Copy, from the data below, every line that has "batch" in it.
Provided material: Begin
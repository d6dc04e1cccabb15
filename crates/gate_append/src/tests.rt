//! What a crash leaves of files, in tables. A disk is made by one function, and goes into the one that judges it.
ghost use Rattle.std.specs.Prelude.{◌≡◌, ◌≤◌, false, length, IfOk};
ghost use Rattle.disk_model.specs.Disk.{NothingPending, latest};

use crate::{DiskFault, Gate};
use disk_model::{Call, Disk, MemDisk};
use std::alloc::Global;
use std::test::Fail;

fn disk(alloc: Global, bytes: &[u8], failing: &[u64]) -> Result<MemDisk, Fail>
    ensures content { IfOk result (λ disk. ⟦<MemDisk as Disk>⟧.content disk ≡ bytes.now) }
    ensures settled { IfOk result (λ disk. NothingPending (latest (⟦<MemDisk as Disk>⟧.history disk))) }
{
    let bytes = bytes.to_vec(alloc)?;
    let failing = failing.to_vec(alloc)?;
    Ok(MemDisk::new(alloc, bytes, 100, 100, failing)?)
}

/// A file that is closed at its third byte.
fn closed(alloc: Global, bytes: &[u8], failing: &[u64]) -> Result<Gate<MemDisk>, Fail>
    requires { 2 ≤ length bytes.now }
    ensures { IfOk result (λ gate. (gate.broken ≡ false) × (gate.end ≡ 2)) }
{
    let disk = disk(alloc, bytes, failing)?;
    match Gate::open_at(disk, 2) {
        Ok(gate) => Ok(gate),
        Err(_) => Err(Fail::new("the file was refused")),
    }
}

/// Adds a batch of four bytes.
fn append(gate: &mut Gate<MemDisk>) -> Result<(), DiskFault>
    requires whole { gate.old.broken ≡ false }
    requires place { gate.old.end ≡ 2 }
{
    gate.append(&[48, 7, 8, 0])
}

/// The bytes that a crash leaves, where it keeps so many of them and fills what was not written with this one.
fn leaves(disk: MemDisk, fill: u8, keep: u64, wanted: &[u8]) -> bool {
    let after = disk.crash(fill, keep);
    after.content() == wanted
}

const CALLS: &[Call] = &[
    Call::Quiet,
    Call::Cut { len: 2 },
    Call::Sync,
    Call::Write { at: 2, len: 1 },
    Call::Sync,
    Call::Write { at: 3, len: 3 },
    Call::Sync,
    Call::Write { at: 2, len: 1 },
    Call::Sync,
];

/// The calls that were made on the disk, and all bytes that were written.
fn has_calls(disk: &MemDisk, wanted: &[Call], written: &[u8]) -> bool {
    let (calls, pieces) = disk.record();
    calls == wanted && pieces == written
}

fn cut_and_added_to(alloc: Global) -> Result<MemDisk, Fail> {
    let mut gate = closed(alloc, &[1, 2, 48, 48, 48], &[])?;
    if append(&mut gate) == Ok(()) && gate.end() == 5 {
        Ok(gate.into_disk())
    } else {
        Err(Fail::new("the batch was refused"))
    }
}

fn is_cut_and_added_to(alloc: Global) -> Result<bool, Fail> {
    let disk = cut_and_added_to(alloc)?;
    let called = has_calls(&disk, CALLS, &[0, 7, 8, 0, 48]);
    Ok(leaves(disk, 97, 0, &[1, 2, 48, 7, 8, 0]) && called)
}

#[test]
fn what_is_after_the_place_is_cut(rt: HostRuntime) -> Result<(), Fail> {
    assert!(rt; is_cut_and_added_to(rt.alloc())?);
    Ok(())
}

fn is_only_read(alloc: Global) -> Result<bool, Fail> {
    let gate = closed(alloc, &[1, 2, 0], &[])?;
    let disk = gate.into_disk();
    Ok(has_calls(&disk, &[Call::Quiet, Call::Quiet], &[]))
}

#[test]
fn a_closed_file_is_only_read(rt: HostRuntime) -> Result<(), Fail> {
    assert!(rt; is_only_read(rt.alloc())?);
    Ok(())
}

fn keeps_its_prefix(disk: MemDisk) -> bool {
    let after = disk.crash(97, 0);
    after.content().starts_with(&[1, 2])
}

/// Where this call of an opening fails, the file is handed back, with the first two bytes as they were.
fn comes_back(alloc: Global, call: u64) -> Result<bool, Fail> {
    let disk = disk(alloc, &[1, 2, 48, 48, 48], &[call])?;
    match Gate::open_at(disk, 2) {
        Ok(_) => Ok(false),
        Err(refused) => Ok(keeps_its_prefix(refused.disk)),
    }
}

#[test]
fn a_refused_file_comes_back(rt: HostRuntime) -> Result<(), Fail> {
    for call in 0..5 {
        assert!(rt; comes_back(rt.alloc(), call)?, "at {call}");
    }
    Ok(())
}

/// Calls of an append that fail, and what is left if the machine crashes then.
const FAILED_CALLS: &[(u64, &[u8])] = &[
    (2, &[1, 2, 0]),
    (3, &[1, 2, 0, 97, 97, 97]),
    (4, &[1, 2, 0, 7, 8, 0]),
    (5, &[1, 2, 97, 7, 8, 0]),
];

fn is_broken(alloc: Global, call: u64, left: &[u8]) -> Result<bool, Fail> {
    let mut gate = closed(alloc, &[1, 2, 0], &[call])?;
    let failed = append(&mut gate) == Err(DiskFault) && gate.is_broken() && gate.end() == 2;
    Ok(leaves(gate.into_disk(), 97, 100, left) && failed)
}

#[test]
fn a_failed_append_breaks_the_gate(rt: HostRuntime) -> Result<(), Fail> {
    for (call, left) in FAILED_CALLS {
        let call = *call;
        assert!(rt; is_broken(rt.alloc(), call, *left)?, "at {call}");
    }
    Ok(())
}

// Why the body is synced before the gate opens: else the gate may be open before another body.
fn body_is_lost(alloc: Global) -> Result<bool, Fail> {
    let mut disk = disk(alloc, &[1, 2, 0], &[])?;
    let written = disk.write_at(3, &[7, 8, 0]) == Ok(()) && disk.write_at(2, &[48]) == Ok(());
    Ok(leaves(disk, 48, 6, &[1, 2, 48, 48, 48, 48]) && written)
}

#[test]
fn an_unsynced_body_may_be_lost_after_an_open_gate(rt: HostRuntime) -> Result<(), Fail> {
    assert!(rt; body_is_lost(rt.alloc())?);
    Ok(())
}

// Why the cut is synced before the gate closes: else what was cut off may come back after an open gate.
fn tail_is_back(alloc: Global) -> Result<bool, Fail> {
    let mut disk = disk(alloc, &[1, 2, 0, 7, 8, 0], &[])?;
    let cut = disk.cut(2) == Ok(()) && disk.write_at(2, &[0]) == Ok(());
    Ok(leaves(disk, 48, 6, &[1, 2, 48, 7, 8, 0]) && cut)
}

#[test]
fn an_unsynced_cut_may_bring_the_tail_back(rt: HostRuntime) -> Result<(), Fail> {
    assert!(rt; tail_is_back(rt.alloc())?);
    Ok(())
}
Provided material: End
**Result for this task**
/// Adds a batch of four bytes.
        Err(Fail::new("the batch was refused"))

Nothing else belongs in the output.